Naive implementation
#include <cstdint>
template<typename T>
int lsb(T const x){
for(uint8_t i = 0; i < sizeof(T) * 8; ++i)
if (x & (1 << i) )
return i;
return 0;
}
It is naive, but note this is portable and works for all unsigned types.

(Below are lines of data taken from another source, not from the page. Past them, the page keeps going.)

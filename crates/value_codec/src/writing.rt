//! Writes values and messages as bytes.

ghost use Rattle.std.specs.Prelude.{◌≡◌, ◌≤◌, ◌++◌, ◌^◌, ◌%◌, OnOk, IfOk, option_map, length};
ghost use Rattle.ipdl_base.specs.Sound.{IsSound};
ghost use Rattle.value_codec.specs.Spelling as spelling;
ghost use Rattle.value_codec.specs.Spelling.{value_bytes, elements_bytes, values_bytes, body_bytes, payload_bytes, address_bytes, order_bytes, fields_bytes, mark_of, frame_bytes};

use crate::header::{Header, fault_flags, reply_flags, request_flags};
use crate::parts::{put_counted, put_index, put_number, put_part, put_signed_word, put_word};
use crate::reading::STRUCT_BYTE;
use ipdl_base::{Body, Kind, Message, MessageRow, ParamRow, Reason, Schema, Shape, Value, Values};
use std::alloc::{AllocError, Global};
use value_types::{
    Layout, MARK, builtin_of, component_of, element_of, fields_of, held_by, number_bytes,
};

/// Returns the number of values modulo 2^32.
fn count(values: &Values) -> u32
    ensures { result ≡ spelling.count values.now % 2 ^ 32 }
{
    match values {
        Values::Nothing => 0,
        Values::First(_, rest) => count(rest).wrapping_add(1),
    }
}

/// Returns the number of bytes of a number of a type.
fn width(shape: &Shape) -> usize
    ensures value { result ≡ spelling.width shape.now }
    ensures few { result ≤ 8 }
{
    match builtin_of(shape) {
        Some(builtin) => number_bytes(builtin),
        None => 0,
    }
}

/// Appends a value of a type.
#[cycle(writing)]
fn put_value(
    value: &Value,
    out: &mut Vec<u8>,
    layout: Layout,
    schema: &Schema,
    shape: &Shape,
) -> Result<(), AllocError>
    ensures { OnOk result (out.new.items ≡ out.old.items ++ value_bytes layout schema.now shape.now value.now) }
{
    match value {
        Value::Bool(b) => put_part(out, layout, &[u8::from(*b)]),
        Value::Int(number) => put_number(out, layout, width(shape), *number),
        Value::Text(bytes) | Value::Bytes(bytes) => put_counted(out, layout, bytes.as_slice()),
        Value::Bits(bits) => put_number(out, layout, width(shape), i128::from(*bits)),
        Value::Struct(values) => {
            put_part(out, layout, &[STRUCT_BYTE])?;
            let fields = fields_of(schema, shape).unwrap_or(&[]);
            put_values(values, out, layout, schema, fields)
        }
        Value::Union(index, held) => {
            put_index(out, *index)?;
            match component_of(schema, shape, *index) {
                Some(component) => put_value(held, out, layout, schema, component),
                None => Ok(()),
            }
        }
        Value::Array(values) => {
            put_word(out, count(values))?;
            match element_of(shape) {
                Some(element) => put_elements(values, out, layout, schema, element),
                None => Ok(()),
            }
        }
        Value::Maybe(None) => put_part(out, layout, &[0]),
        Value::Maybe(Some(held)) => {
            put_part(out, layout, &[1])?;
            match held_by(shape) {
                Some(inner) => put_value(held, out, layout, schema, inner),
                None => Ok(()),
            }
        }
        Value::Actor(id) => put_signed_word(out, *id),
    }
}

/// Appends values of one type.
#[cycle(writing)]
fn put_elements(
    values: &Values,
    out: &mut Vec<u8>,
    layout: Layout,
    schema: &Schema,
    shape: &Shape,
) -> Result<(), AllocError>
    ensures { OnOk result (out.new.items ≡ out.old.items ++ elements_bytes layout schema.now shape.now values.now) }
{
    match values {
        Values::Nothing => Ok(()),
        Values::First(value, rest) => {
            put_value(value, out, layout, schema, shape)?;
            put_elements(rest, out, layout, schema, shape)
        }
    }
}

/// Appends values of the types of fields or parameters.
#[cycle(writing)]
fn put_values(
    values: &Values,
    out: &mut Vec<u8>,
    layout: Layout,
    schema: &Schema,
    fields: &[ParamRow],
) -> Result<(), AllocError>
    ensures { OnOk result (out.new.items ≡ out.old.items ++ values_bytes layout schema.now fields.now values.now) }
{
    match (values, fields.split_first()) {
        (Values::First(value, rest), Some((field, more))) => {
            put_value(value, out, layout, schema, &field.shape)?;
            put_values(rest, out, layout, schema, more)
        }
        _ => Ok(()),
    }
}

/// Returns the byte of a fault. `ChannelClosed` is in no frame.
fn reason_byte(reason: Reason) -> u8
    ensures { result ≡ spelling.reason_byte reason }
{
    match reason {
        Reason::ChannelClosed => 0,
        Reason::HandlerRejected => 3,
        Reason::ActorDestroyed => 4,
        Reason::ResolverDestroyed => 5,
    }
}

/// Appends what a request carries.
fn put_request(
    out: &mut Vec<u8>,
    layout: Layout,
    schema: &Schema,
    row: &MessageRow,
    made: i32,
    values: &Values,
) -> Result<(), AllocError>
    ensures { OnOk result (out.new.items ≡ out.old.items ++ spelling.request_bytes layout schema.now made values.now row.now) }
{
    if let Kind::Constructor(_) = row.kind {
        put_signed_word(out, made)?;
    }
    put_values(values, out, layout, schema, row.params.as_slice())
}

/// Appends what a reply carries.
fn put_reply(
    out: &mut Vec<u8>,
    layout: Layout,
    schema: &Schema,
    row: &MessageRow,
    values: &Values,
) -> Result<(), AllocError>
    ensures { OnOk result (out.new.items ≡ out.old.items ++ spelling.reply_bytes layout schema.now values.now row.now) }
{
    match &row.returns {
        Some(returns) => put_values(values, out, layout, schema, returns.as_slice()),
        None => Ok(()),
    }
}

/// Appends what a message carries, by the row of its number. Values of a message without a row take no bytes.
pub(crate) fn put_body(
    out: &mut Vec<u8>,
    layout: Layout,
    schema: &Schema,
    row: Option<&MessageRow>,
    made: i32,
    body: &Body,
) -> Result<(), AllocError>
    ensures { OnOk result (out.new.items ≡ out.old.items ++ body_bytes layout schema.now (option_map (λ r. r.now) row.entry) made body.now) }
{
    match (body, row) {
        (Body::Request(values), Some(row)) => put_request(out, layout, schema, row, made, values),
        (Body::Reply(values), Some(row)) => put_reply(out, layout, schema, row, values),
        (Body::Request(_) | Body::Reply(_), None) | (Body::Goodbye, _) => Ok(()),
        (Body::Fault(reason), _) => put_part(out, layout, &[reason_byte(*reason)]),
    }
}

/// Returns the flags of a message, by the row of its number.
fn body_flags(row: Option<&MessageRow>, body: &Body) -> u32
    ensures { result ≡ spelling.body_flags (option_map (λ r. r.now) row.entry) body.now }
{
    match (body, row) {
        (Body::Request(_), Some(row)) => request_flags(row),
        (Body::Reply(_), Some(row)) => reply_flags(row),
        (Body::Fault(_), Some(row)) => fault_flags(row),
        (Body::Request(_) | Body::Reply(_) | Body::Fault(_), None) | (Body::Goodbye, _) => 0,
    }
}

/// Appends the mark of a layout.
fn put_mark(out: &mut Vec<u8>, layout: Layout) -> Result<(), AllocError>
    ensures { OnOk result (out.new.items ≡ out.old.items ++ mark_of layout) }
{
    if layout.marked {
        out.extend_from_slice(&MARK)?;
    }
    Ok(())
}

/// Appends the first three fields of a header: size, route and number.
fn put_address(out: &mut Vec<u8>, header: &Header) -> Result<(), AllocError>
    ensures { let h = header.now in OnOk result (out.new.items ≡ out.old.items ++ address_bytes h.size h.route h.number) }
{
    put_word(out, header.size)?;
    put_signed_word(out, header.route)?;
    put_word(out, header.number)
}

/// Appends the other three fields of a header: flags, number of the request and transaction.
fn put_order(out: &mut Vec<u8>, header: &Header) -> Result<(), AllocError>
    ensures { let h = header.now in OnOk result (out.new.items ≡ out.old.items ++ order_bytes h.flags h.seq h.transaction) }
{
    put_word(out, header.flags)?;
    put_signed_word(out, header.seq)?;
    put_signed_word(out, header.transaction)
}

/// Appends the fields of a header.
fn put_header(out: &mut Vec<u8>, header: &Header) -> Result<(), AllocError>
    ensures { let h = header.now in OnOk result (out.new.items ≡ out.old.items ++ fields_bytes h.size h.route h.number h.flags h.seq h.transaction) }
{
    put_address(out, header)?;
    put_order(out, header)
}

/// Returns the frame of a message whose payload has `size` bytes.
pub(crate) fn frame_of(
    alloc: Global,
    layout: Layout,
    schema: &Schema,
    message: &Message,
    size: u32,
) -> Result<Vec<u8>, AllocError>
    requires sound { IsSound schema.now }
    requires size { size ≡ length (payload_bytes layout schema.now message.now) }
    ensures { IfOk result (λ frame. frame.items ≡ frame_bytes layout schema.now message.now) }
{
    let row = schema.message(message.number);
    let header = Header {
        size,
        route: message.route,
        number: message.number,
        flags: body_flags(row, &message.body),
        seq: message.seq,
        transaction: message.transaction,
    };
    let mut frame = Vec::with_capacity(alloc, (size as usize).saturating_add(layout.header))?;
    put_mark(&mut frame, layout)?;
    put_header(&mut frame, &header)?;
    put_body(&mut frame, layout, schema, row, message.made, &message.body)?;
    Ok(frame)
}
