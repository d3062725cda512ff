//! Parts of frames, written and padded.

ghost use Rattle.std.specs.Prelude.{◌≡◌, ◌≤◌, ◌++◌, ◌<◌, OnOk, replicate};
ghost use Rattle.std.specs.Int.{w128, cast_unsigned};
ghost use Rattle.byteorder.specs.Endian.{little_bytes};
ghost use Rattle.value_types.specs.Sizes as sizes;
ghost use Rattle.value_codec.specs.Spelling.{part, counted, word, signed_word, index_bytes};

use byteorder::{ByteOrder, LittleEndian};
use std::alloc::AllocError;
use value_types::Layout;

/// Returns the number of zeros after a part of `size` bytes.
pub(crate) fn padding(layout: Layout, size: usize) -> usize
    ensures value { result ≡ sizes.padding layout size }
    ensures few { result < 4 }
{
    if layout.aligned {
        (4 - size % 4) % 4
    } else {
        0
    }
}

/// Appends zeros.
fn put_zeros(out: &mut Vec<u8>, count: usize) -> Result<(), AllocError>
    requires { count < 4 }
    ensures { OnOk result (out.new.items ≡ out.old.items ++ replicate count 0) }
{
    let zeros = [0u8; 3];
    out.extend_from_slice(&zeros[..count])
}

/// Appends bytes and the zeros after them.
pub(crate) fn put_part(out: &mut Vec<u8>, layout: Layout, bytes: &[u8]) -> Result<(), AllocError>
    ensures { OnOk result (out.new.items ≡ out.old.items ++ part layout bytes.now) }
{
    out.extend_from_slice(bytes)?;
    put_zeros(out, padding(layout, bytes.len()))
}

/// Appends the lowest `count` bytes of a number and the zeros after them.
pub(crate) fn put_number(
    out: &mut Vec<u8>,
    layout: Layout,
    count: usize,
    number: i128,
) -> Result<(), AllocError>
    requires { count ≤ 8 }
    ensures { OnOk result (out.new.items ≡ out.old.items ++ part layout (little_bytes count (cast_unsigned w128 number))) }
{
    let mut field = [0u8; 16];
    LittleEndian::write_i128(&mut field, number);
    put_part(out, layout, &field[..count])
}

/// Appends a number of four bytes.
pub(crate) fn put_word(out: &mut Vec<u8>, number: u32) -> Result<(), AllocError>
    ensures { OnOk result (out.new.items ≡ out.old.items ++ word number) }
{
    let mut field = [0u8; 4];
    LittleEndian::write_u32(&mut field, number);
    out.extend_from_slice(&field)
}

/// Appends the index of a component.
pub(crate) fn put_index(out: &mut Vec<u8>, index: u32) -> Result<(), AllocError>
    ensures { OnOk result (out.new.items ≡ out.old.items ++ index_bytes index) }
{
    put_word(out, index)
}

/// Appends a signed number of four bytes.
pub(crate) fn put_signed_word(out: &mut Vec<u8>, number: i32) -> Result<(), AllocError>
    ensures { OnOk result (out.new.items ≡ out.old.items ++ signed_word number) }
{
    let mut field = [0u8; 4];
    LittleEndian::write_i32(&mut field, number);
    out.extend_from_slice(&field)
}

/// Appends the length of bytes, the bytes, and the zeros after them.
pub(crate) fn put_counted(out: &mut Vec<u8>, layout: Layout, bytes: &[u8]) -> Result<(), AllocError>
    ensures { OnOk result (out.new.items ≡ out.old.items ++ counted layout bytes.now) }
{
    let mut size = [0u8; 8];
    LittleEndian::write_u64(&mut size, bytes.len() as u64);
    out.extend_from_slice(&size[..4])?;
    out.extend_from_slice(bytes)?;
    put_zeros(out, padding(layout, bytes.len() % 4 + 4))
}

However performance of this function is O(n). We sure can do better. Can we?
Pre-computed table
We could do pre-computed lookup table and check from there.For 32bit integers table must be 4GB in size. Not very practical. Because of that we can do it byte by byte:
#include <cstdint>
struct Lookup8{
constexpr Lookup8(){
for(uint8_t i = 0; i < 0xFF; ++i)
data[i] = calc(i);
}
constexpr uint8_t operator[](uint8_t const x) const{
return data[x];
}
private:
constexpr static uint8_t calc(uint8_t const x){
for(uint8_t i = 0; i < 8; ++i)
if (x & (1 << i) )
return i;
return 0;
}
private:
uint8_t data[0xFF] = {};
};
constexpr Lookup8 l8;
template<typename T>
int lsb(T const x){
int j = 0;
for(uint8_t i = 0; i < sizeof(T); ++i){
uint8_t const byte = ( x >> j ) & 0xFF;
if (byte)
return l8[byte] + j;
j += 8;
}
return 0;
}
This is great, but there should be better solution? ...and after some google-ing it is this...
Log2 + bitmask
#include <cstdint>
int log2(uint64_t const x);
constexpr uint64_t lsb_(uint64_t const x){
return x & ( ~x + 1 );
}
constexpr int lsb(uint64_t const x){
return log2(lsb_(x));
}
Wow! That's really short.
...But is log2() O(1) ?
It turns out it is a way to do it in O(1). Algorithm uses something called deBruijn sequence.
De Bruijn sequence
#include <cstdint>
constexpr int log2(uint64_t n){
constexpr uint8_t tab64[64] = {
0, 58, 1, 59, 47, 53, 2, 60,
39, 48, 27, 54, 33, 42, 3, 61,
51, 37, 40, 49, 18, 28, 20, 55,
30, 34, 11, 43, 14, 22, 4, 62,
57, 46, 52, 38, 26, 32, 41, 50,
36, 17, 19, 29, 10, 13, 21, 56,
45, 25, 31, 35, 16, 9, 12, 44,
24, 15, 8, 23, 7, 6, 5, 63
};
n |= n >> 1;
n |= n >> 2;
n |= n >> 4;
n |= n >> 8;
n |= n >> 16;
n |= n >> 32;
auto const pos = (n * 0x03F6EAF2CD271461) >> 58;
return tab64[pos];
}
constexpr int log2(uint32_t n){
constexpr uint8_t tab32[32] = {
0, 9, 1, 10, 13, 21, 2, 29,
11, 14, 16, 18, 22, 25, 3, 30,
8, 12, 20, 28, 15, 17, 24, 7,
19, 27, 23, 6, 26, 5, 4, 31
};
n |= n >> 1;
n |= n >> 2;
n |= n >> 4;
n |= n >> 8;
n |= n >> 16;
auto const pos = (n * 0x07C4ACDD ) >> 27;
return tab32[pos];
}
template<typename T>
constexpr T lsb_(T const x){
return x & ( ~x + 1 );
}
template<typename T>
constexpr int lsb(T const x){
return log2(lsb_(x));
}
Wait? The code complexity is not O(1) !If you look at "n |= n >> 1", this is nothing else but unrolled loop.
Complexity is at best O(log(n)).
Time for testing
For testing I used something like this code:#include <cstdint>
int main(){
int x = 0;
for(uint64_t i = 0; i <= 100000000; ++i)
x += lsb(i);
std::cout << x << '\n';
}
Then I start it with time. Here are the results: Naive | 0.452 sec
Lookup | 0.550 sec
De Bruijn | 2.394 sec
De Bruijn solution is slowest.Naive solution is fastest.
Bonus
- GCC have non standard function ffs() defined in "string.h" / "cstring".
- Linux have similar function defined somewhere too.